4. Use those vertices, along with a vertex centered on the unit to create a rendered circle to draw the possible movement distances.

So, starting with the blue circle, you'd process your paths, ending up with the purple circle. Then you can use those points with a center point on the unit to make the red triangles required to display the shape. (Just making that image makes me realize that that shape is not correct, but it'll be interesting to see what's actually correct)

Answer 3

I'm going to expand on Sean's solution in a separate answer, as it represents a different approach from what I was initially proposing.

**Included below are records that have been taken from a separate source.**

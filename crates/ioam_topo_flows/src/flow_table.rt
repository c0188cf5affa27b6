//! The table `flow`.
ghost use Rattle.std.specs.Prelude.{◌≡◌, IfOk, Ok, codes, map};
ghost use Rattle.toml.specs.View.{table_view};
ghost use Rattle.ioam_topo_values.specs.Reads.{◌▷◌};
ghost use Rattle.ioam_topo_entries.specs.Faults.{Gives};
ghost use Rattle.ioam_topo.specs.Keyed.{IsNewId};
ghost use Rattle.ioam_topo_flows.specs.Apart.{fresh_some};
ghost use Rattle.ioam_topo_entries.specs.Goods.{list_of};
ghost use Rattle.ioam_topo_flows.specs.FlowParts.{flow_id, exporting_keys};
ghost use Rattle.ioam_topo_flows.specs.FlowTable.{flow_with, flow_keys};
ghost use Rattle.ioam_topo_flows.specs.FlowRead.{IsNewExport, IsNewFlow};

use crate::before::AmongNodes;
use crate::flow_parts::{
    Exporting, Outer, Selection, Tracing, direct, every, read_outer, read_selection, read_tracing,
};
use ioam_base::memory::NoMemory;
use ioam_base::name::Name;
use ioam_data::Namespace;
use ioam_topo::{Flow, NodeId, Traces};
use ioam_topo_entries::{Collects, DomainRefused, Spot, Table, maybe_number8, maybe_number32};
use ioam_topo_tables::{Flows, Nodes};
use ioam_topo_values::{Why, beside, has};
use std::alloc::Global;

// The flow of these parts.
fn flow_with(
    alloc: Global,
    name: &str,
    selection: Selection,
    outer: Outer,
    tracing: Tracing,
    exporting: Exporting,
) -> Result<Flow, NoMemory>
    ensures { IfOk result (λ flow. flow ≡ flow_with name.now selection outer tracing exporting) }
{
    let namespace = Namespace(selection.namespace);
    let traces = Traces::own(alloc, namespace, tracing.trace, tracing.capacity)?;
    Ok(Flow {
        name: Name::new(alloc, name)?,
        entry: NodeId(selection.entry),
        exit: NodeId(selection.exit),
        source: selection.source,
        target: selection.target,
        namespace,
        hops: outer.hops,
        label: outer.label,
        trace: tracing.trace,
        capacity: tracing.capacity,
        traces,
        edge: tracing.edge,
        direct: exporting.direct,
        every: exporting.every,
        flow_id: exporting.flow_id,
        limit: exporting.limit,
    })
}

// The id of an entry, needed where there are direct exports, which no other flow of the
// namespace has.
fn new_id(flows: &Flows, space: u16, entry: &toml::Table) -> Result<Option<u32>, Why>
    ensures value { result ≡ flow_id (table_view entry.now) ▷ fresh_some (Ok space) flows.now.taken.keys }
    ensures is { IfOk result (λ id. flow_id (table_view entry.now) ≡ Ok id) }
    ensures new_id { IfOk result (λ id. IsNewId space id flows.now.taken.keys) }
{
    let read = maybe_number32(entry, "flow_id", 0, 4_294_967_295);
    match beside(read, has(entry, "direct")) {
        Ok(Some(id)) if flows.is_taken(space, id) => Err(Why::Twice),
        other => other,
    }
}

fn exporting(
    flows: &Flows,
    spot: Spot,
    space: u16,
    entry: &toml::Table,
) -> Result<Exporting, DomainRefused>
    requires { spot.table ≡ Table.FlowTable }
    ensures { Gives result (exporting_keys spot.place (Ok space) flows.now.taken.keys (table_view entry.now))
        (IsNewExport space flows.now.taken.keys (table_view entry.now)) }
{
    let direct = spot.key("direct", direct(entry))?;
    let every = spot.key("every", every(entry))?;
    let flow_id = spot.key("flow_id", new_id(flows, space, entry))?;
    let limit = spot.key("limit", maybe_number8(entry, "limit", 0, 255))?;
    Ok(Exporting {
        direct,
        every,
        flow_id,
        limit,
    })
}

// The flow of an entry, with its name.
fn read_flow<'a>(
    alloc: Global,
    flows: &Flows,
    nodes: &Nodes,
    place: u32,
    entry: &'a toml::Table,
) -> Result<(&'a str, Flow), DomainRefused>
    ensures { Gives result (flow_keys nodes.now.names (map list_of nodes.now.items.items) place flows.now.names flows.now.taken.keys (table_view entry.now))
        (λ row. IsNewFlow nodes.now.names (map list_of nodes.now.items.items) flows.now (table_view entry.now) row.0.now row.1) }
{
    let spot = Spot {
        table: Table::FlowTable,
        place,
    };
    spot.own_keys(entry)?;
    let text = spot.new_name(&flows.names, entry, "name")?;
    let selection = read_selection(spot, nodes, entry)?;
    let outer = read_outer(spot, entry)?;
    let tracing = read_tracing(spot, entry)?;
    let exporting = exporting(flows, spot, selection.namespace, entry)?;
    match flow_with(alloc, text, selection, outer, tracing, exporting) {
        Ok(flow) => Ok((text, flow)),
        Err(_) => Err(DomainRefused::NoMemory),
    }
}

impl<'a> Collects<AmongNodes<'a>> for Flows {
    ghost use Rattle.std.specs.Prelude.{map};
    ghost use Rattle.ioam_topo_entries.specs.Goods.{list_of};
    ghost use Rattle.ioam_topo_flows.specs.FlowTable.{flow_faults};
    ghost use Rattle.ioam_topo_flows.specs.FlowRead.{HoldsFlows};

    ghost faults = { λ before. flow_faults before.nodes.now.names (map list_of before.nodes.now.items.items) };

    ghost Holds = { λ before. HoldsFlows before.nodes.now.names (map list_of before.nodes.now.items.items) };

    fn take(
        &mut self,
        alloc: Global,
        before: &AmongNodes<'a>,
        place: u32,
        entry: &toml::Table,
    ) -> Result<(), DomainRefused> {
        let (text, flow) = match read_flow(alloc, self, before.nodes, place, entry) {
            Ok(row) => row,
            Err(refused) => return Err(refused),
        };
        match self.add(alloc, text, flow) {
            Ok(()) => Ok(()),
            Err(_) => Err(DomainRefused::NoMemory),
        }
    }
}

This solution probably represents the most accessible method. It requires partitioning your environment into nodes. Yes, this is re-introducing a grid-based approach, but it can be made relatively fine, or used for broad pathfinding with finer positioning handled within the node. The more coarse the node structure, the faster the pathfinding.

The big issue here is that you are actually dealing with ship facing, so many traditional pathfinding solutions can't be used without modification. These usually are path-agnostic, in that they don't care how you got to the node you're in. That works fine when acceleration, deceleration, and turning are instant and free. Unfortunately for you turning is not free. However, since there is really one extra piece of information that gets dropped in this simplification, we can encode it as another variable. In physics, this would be known as phase-space.

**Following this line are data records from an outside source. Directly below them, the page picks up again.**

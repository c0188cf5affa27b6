//! The table `data`.
ghost use Rattle.std.specs.Prelude.{◌≡◌, Ok, codes, is_some};
ghost use Rattle.toml.specs.Data.{get_member};
ghost use Rattle.toml.specs.View.{table_view};
ghost use Rattle.ioam_topo_values.specs.Reads.{◌▷◌, ReadsOr};
ghost use Rattle.ioam_topo_entries.specs.Faults.{Gives};
ghost use Rattle.ioam_topo_flows.specs.Apart.{fresh_with};
ghost use Rattle.ioam_topo_flows.specs.DataTable.{data_space, data_snapshot, values_of, value_keys, data_keys};
ghost use Rattle.ioam_topo_flows.specs.DataRead.{IsNewData};

use crate::before::AmongNodes;
use ioam_data::Namespace;
use ioam_topo::{NodeData, NodeId, Octets};
use ioam_topo_entries::{Collects, DomainRefused, Spot, Table, maybe_number32, number16};
use ioam_topo_tables::{DataRows, Nodes};
use ioam_topo_values::{Refused, Why, beside, has, maybe_number, maybe_octets};
use std::alloc::Global;

const MOST_WIDE: u64 = 9_223_372_036_854_775_807;

// The snapshot of an entry, needed where there is a schema.
fn snapshot(alloc: Global, entry: &toml::Table) -> Result<Option<Octets>, Refused>
    ensures { ReadsOr (λ held. held) result (data_snapshot (table_view entry.now)) }
{
    match maybe_octets(alloc, entry, "snapshot") {
        Ok(Some(octets)) => Ok(Some(octets)),
        Ok(None) if has(entry, "schema") => Err(Refused::Because(Why::Missing)),
        Ok(None) => Ok(None),
        Err(refused) => Err(refused),
    }
}

// The namespace of an entry, which no other of the node's has.
fn new_space(rows: &DataRows, node: u32, entry: &toml::Table) -> Result<u16, Why>
    ensures { result ≡ data_space (table_view entry.now) ▷ fresh_with (Ok node) rows.now.taken.keys }
{
    match number16(entry, "namespace") {
        Ok(space) if rows.is_taken(node, space) => Err(Why::Twice),
        other => other,
    }
}

// What an entry holds for a node in a namespace.
fn read_values(
    alloc: Global,
    spot: Spot,
    node: u32,
    space: u16,
    entry: &toml::Table,
) -> Result<NodeData, DomainRefused>
    requires { spot.table ≡ Table.DataTable }
    ensures { Gives result (value_keys spot.place (table_view entry.now)) (λ row. (values_of node space (table_view entry.now) ≡ Ok row)
        × (row.node.0 ≡ node) × (row.namespace.0 ≡ space)) }
{
    let short = spot.key("short", maybe_number32(entry, "short", 0, 4_294_967_295))?;
    let wide = spot.key("wide", maybe_number(entry, "wide", 0, MOST_WIDE))?;
    let schema = maybe_number32(entry, "schema", 0, 16_777_214);
    let schema = spot.key("schema", beside(schema, has(entry, "snapshot")))?;
    let snapshot = spot.key_or("snapshot", snapshot(alloc, entry))?;
    Ok(NodeData {
        node: NodeId(node),
        namespace: Namespace(space),
        short,
        wide,
        schema,
        snapshot,
    })
}

// The data of an entry.
fn read_row(
    alloc: Global,
    rows: &DataRows,
    nodes: &Nodes,
    place: u32,
    entry: &toml::Table,
) -> Result<NodeData, DomainRefused>
    ensures { Gives result (data_keys nodes.now.names place rows.now.taken.keys (table_view entry.now)) (IsNewData nodes.now.names rows.now (table_view entry.now)) }
{
    let spot = Spot {
        table: Table::DataTable,
        place,
    };
    spot.own_keys(entry)?;
    let node = spot.known(&nodes.names, entry, "node")?;
    let space = spot.key("namespace", new_space(rows, node, entry))?;
    read_values(alloc, spot, node, space, entry)
}

impl<'a> Collects<AmongNodes<'a>> for DataRows {
    ghost use Rattle.ioam_topo_flows.specs.DataTable.{data_faults};
    ghost use Rattle.ioam_topo_flows.specs.DataRead.{HoldsData};

    ghost faults = { λ before. data_faults before.nodes.now.names };

    ghost Holds = { λ before. HoldsData before.nodes.now.names };

    fn take(
        &mut self,
        alloc: Global,
        before: &AmongNodes<'a>,
        place: u32,
        entry: &toml::Table,
    ) -> Result<(), DomainRefused> {
        let row = read_row(alloc, self, before.nodes, place, entry)?;
        match self.add(row) {
            Ok(()) => Ok(()),
            Err(_) => Err(DomainRefused::NoMemory),
        }
    }
}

Assuming 2-dimensions for now, you can extrapolate for 3:

Ordinarily, you would need one node for each allowable, discrete coordinate position. For example:

(0,0) - (1,0) - (2,0)
  | \  /  |  \  / |
(0,1) - (1,1) - (2,1)

Etc. You'd construct a nodegraph of adjacent points and connect them by spacial adjacency. Then you'd use Dijkstra's algorithm, killing nodes which exceed the movement value allowed for the turn, until there are no unexplored, living nodes remaining connected to explored nodes. Each node keeps track of the smallest distance required to reach it.

To expand this method to be usable with Rotation, imagine this same nodegraph in 3 dimensions. The Z-direction corresponds to rotation/facing, and is cyclical, meaning if you keep traveling in the +Z direction you get back to where you started. Now, nodes corresponding to adjacent positions are only connected across the facing that corresponds to that direction. You iterate over the nodes connected to already explored nodes as usual. I would recommend restricting to N, NE, E, SE, S, SW, W, NW in this scheme.

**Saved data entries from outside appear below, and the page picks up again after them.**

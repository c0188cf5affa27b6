//! What a domain's nodes and flows record, in its file: the tables `data`, `flow` and `extra`.
#![tactic(auto)]

mod before;
mod data_table;
mod extra_table;
mod flow_parts;
mod flow_table;
mod reading;

pub use reading::{read_data, read_flows};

This solution can tell you all the accessible regions of space, as well as the best path to get there, how much rotation you have when you arrive there, and all of the orientations you could have when you arrive there.

Then, when actually executing the pathing, you're free to interpolate/cubic spline your way into making it look more authentic.

Answer 4

It sounds like you may need to first decide on how exactly you would like the turning on-the-go to work. Options like:

• If they move within the cone, first rotate, then start moving. This is the easier solution to implement and path for. It is also less interesting so I wouldn't want to use it.

• Continuous turning while moving, up to a total of 45 degrees. This one is a lot trickier, and hopefully the one you're after. Numerically integrating over the path using a fixed timestep is probably the easiest way to approach this one. Your cone will be bounded by the maximum (+X degrees every step) and minimum (-X degrees every step) turning.

How best to path through space with the second of these requirements depends largely on the environment they'll be moving in. If there are a lot of obstacles you have to traverse around, then things can get really tricky and really expensive. However, if there's not, then you can front-load (and even taper-off) the rotation to end up in the desired location.

I have a feeling that I may have only partially covered the topics you had a question about, so feel free to add more in the comments and I can expand the discussion.